Russell's explosively imaginative stories explore an adolescent hinterland ... Full of a lively sense of the fantastical, the stories also inhabit a beautifully realized natural environment of starlit skies, phosphorescent caves and abundant animal life ... Russell's injection of a sense of the absurd lends an originality and lightness of touch to this creatively acrobatic debut.
...Karen Russell’s stories are unnerving, darkly funny, and immensely enjoyable. Their standard recipe takes a common coming-of-age theme...folds it into a surreal situation...and tops it off with superb, efficient sentences. Mix well and you’ve got one of the strongest debuts in recent memory ... Moving skillfully between the banal and the extraordinary—a dingy dining room one minute, secret underwater caves the next—Russell blurs the boundaries between the real and the surreal until we become hyperaware and suspicious of every detail. It’s an effect that lasts even after you set the book down ... These haunting stories confidently eschew tidy, 'life’s pretty swell after all' resolutions. Instead, Russell concludes them with harrowing abruptness, showing how childhood, for all its supposed freedom and ease, can in fact be painful, dangerous, and rife with near-fatal miscalculations.
Karen Russell's startlingly original collection...features graceful and seductive prose that transports the reader into surreal and yet utterly plausible realms ... In every story, Russell demonstrates a mastery of her craft, an achievement made even more compelling by the fact that she's only 24 years old.
As most of the stories in Karen Russell's madcap yet wistful debut collection attest, the Florida Everglades ooze decay ... [Russell's] theme-park details evoke George Saunders, and her descriptions of lush, decadent flora echo Joy Williams. But Russell's antic sensibility above all recalls cartoons; her imagination is a combustible, pinwheeling thing, and it animates these coming-of-age vignettes with a ferocious absurdity ... These...are strange, lingering tales—yet less for their inventive flourishes than for their ability to capture a kind of discomfiting fear that comes with adulthood; the protagonists are propelled out of the adolescent here-and-now into the world beyond. Both stories are marked by an awareness of the passage of time and the tendency toward betrayal—of oneself and of those one loves.
...her stories, entertaining as they are, still ring hollow. They are so weird and, at times, disturbing, yet the effect is all smoke and mirrors. While one can marvel at Russell's craft and admire her inventiveness (not to mention her wild imagination), the stories, as a whole, can leave you cold and largely unmoved ... The collection also has its charm. The various idiosyncrasies of the characters are often endearing, and it contains plenty of sly humor ...
Russell is a writer to watch, but whether or not one will fully appreciate St. Lucy's Home for Girls Raised by Wolves—clearly it is not for everyone—is a matter of personal taste.

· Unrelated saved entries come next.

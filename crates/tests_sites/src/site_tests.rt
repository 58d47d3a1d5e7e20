//! Known touchdowns at one site: an inverter, whose output is stuck at 0 in its first try, at a socket with a tape.

ghost use Rattle.std.specs.Prelude.{◌≡◌, false, IfOk};
ghost use Rattle.die_sim.specs.Socket.{Told, taping_told};
ghost use Rattle.site_run.specs.Site.{IsSiteOf};
ghost use Rattle.site_run.specs.Touchdown.{IsIdle};

use crate::sample::{Outcome, bound, code_of, outcomes};
use die_sim::{Socket, TapeSocket};
use lot_plan::BoundPlan;
use page_code::Code;
use pattern_mem::{PatternMem, PoolPass};
use site_run::*;
use std::alloc::Global;
use std::sync::Wait;
use std::test::Fail as Failure;
use tester_types::{Record, Verdict};

/// A die whose output is stuck at 0 in its first try.
const STUCK_AT_FIRST: &[u8] = b"lot,4,3,2,,\nclock,c,,,,\ndie,0,d,inv,,\nfault,0,d,y,0,1\n";

/// A memory of a code, with a pass.
fn memory_of(alloc: Global, code: Code) -> Result<(PatternMem, PoolPass), Failure>
    ensures code { IfOk result (λ made. made.0.code ≡ code) }
    ensures pass { IfOk result (λ made. made.1 ≡ made.0) }
{
    let (mem, passes) = PatternMem::new(alloc, code, 4, 1)?;
    let Some(pass) = passes.into_vec().pop() else {
        return Err("there is a pass".into());
    };
    Ok((mem, pass))
}

/// A memory of the program, the plan that is bound to it, and its site 0.
fn started(alloc: Global) -> Result<(PatternMem, BoundPlan, Site), Failure>
    ensures is { IfOk result (λ made. (told : Told) → IsSiteOf made.0 made.1 told made.2) }
    ensures idle { IfOk result (λ made. IsIdle made.2) }
    ensures spent { IfOk result (λ made. made.2.spent ≡ false) }
{
    let code = code_of(alloc)?;
    let plan = bound(alloc, &code, STUCK_AT_FIRST)?;
    if plan.sites() == 0 {
        return Err("there is a site".into());
    }
    let (mem, pass) = memory_of(alloc, code)?;
    let site = Site::start(alloc, &mem, pass, &plan, 0)?;
    Ok((mem, plan, site))
}

/// Runs the first touchdown of a site, and gives its record.
fn touched<R: Wait>(
    rt: &R,
    mem: &PatternMem,
    plan: &BoundPlan,
    site: &mut Site,
    socket: &mut TapeSocket,
) -> Result<Record, Failure>
    requires site { IsSiteOf mem.now plan.now (taping_told socket.old) site.old }
    requires idle { IsIdle site.old }
    requires spent { site.old.spent ≡ false }
{
    if site.done() {
        return Err("there is a die".into());
    }
    Ok(site.touchdown(rt, mem, plan, socket)?)
}

/// The record of the first touchdown of site 0 at a socket.
fn first_record<R: Wait>(
    rt: &R,
    alloc: Global,
    socket: &mut TapeSocket,
) -> Result<Record, Failure> {
    let (mem, plan, mut site) = started(alloc)?;
    touched(rt, &mem, &plan, &mut site, socket)
}

/// How many drive calls the tape of a socket has.
fn calls_of(socket: &TapeSocket) -> usize {
    match socket.tape() {
        Some(tape) => tape.len(),
        None => 0,
    }
}

/// What the tries of the first touchdown come to at a socket whose tape has this room, and how many drive calls it has then.
fn landed<R: Wait>(rt: &R, alloc: Global, room: u32) -> Result<(Vec<Outcome>, usize), Failure> {
    let mut socket = TapeSocket::new(alloc, room)?;
    let record = first_record(rt, alloc, &mut socket)?;
    let list = outcomes(alloc, &[record])?;
    Ok((list, calls_of(&socket)))
}

/// Whether the first try fails and the second one comes to this, with so many drive calls on a tape of this room.
fn lands<R: Wait>(
    rt: &R,
    alloc: Global,
    room: u32,
    second: Outcome,
    calls: usize,
) -> Result<bool, Failure> {
    let (list, made) = landed(rt, alloc, room)?;
    Ok(made == calls && list.as_slice() == [(1, 10, 5, Verdict::Fail(0)), second].as_slice())
}

#[test]
fn a_touchdown_is_on_the_tape(rt: HostRuntime) -> Result<(), Failure> {
    assert!(rt; lands(&rt, rt.alloc(), 40, (2, 10, 0, Verdict::Pass), 20)?);
    Ok(())
}

#[test]
fn a_tape_that_is_full_loses_contact(rt: HostRuntime) -> Result<(), Failure> {
    assert!(rt;
        lands(
            &rt,
            rt.alloc(),
            39,
            (2, 9, 0, Verdict::Contact(900_000_000)),
            19
        )?
    );
    Ok(())
}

...this is a dazzling debut, but these stories have something quieter and more judged about them than the exuberant fireworks I was expecting ... betrayal and casual childish cruelty are strong themes in these stories, providing a needed cohesion to a collection otherwise overloaded with outlandish settings and plots. Sometimes, it is judged perfectly ... In places, however, I found the cruelty too much[.]
Like the brilliant George Saunders, Russell uses non-realist situations to pursue a realist goal: illumining the human heart ... To be a child, these stories imply, is to be freer of the restraints of human culture, more in touch with the nonhuman world ... Like the underwater worlds that haunt her pages, Russell’s stories fascinate us with a strangeness that feels more familiar with every moment we spend submerged, until we swim in it as readily as we walk on land.
This unusual, haunting collection confirms that the hype is well deserved ... scenes deftly balance mythology and the gleeful absurdity of Monty Python with a darker urgency to acknowledge the ancient, the infinite, and the inadequacies of being human ... Original and astonishing, joyful and unsettling, these are stories that will stay with readers.
This startlingly original set of stories, which feels as though it might have been written by Lemony Snicket and Margaret Atwood, is not to be missed, and author Russell...is poised to become a literary powerhouse.
A series of upbeat, sentimental fables ... Russell has powers of description and mimicry reminiscent of Jonathan Safron Foer...and her macabre fantasies structurally evoke great Southern writers like Flannery O'Connor. If, at 24, Russell hasn't quite found a theme beyond growing up is hard to do (especially if you're a wolf girl), her assorted siblings are rendered with winning flair as they gambol, perilously and charmingly, toward adulthood.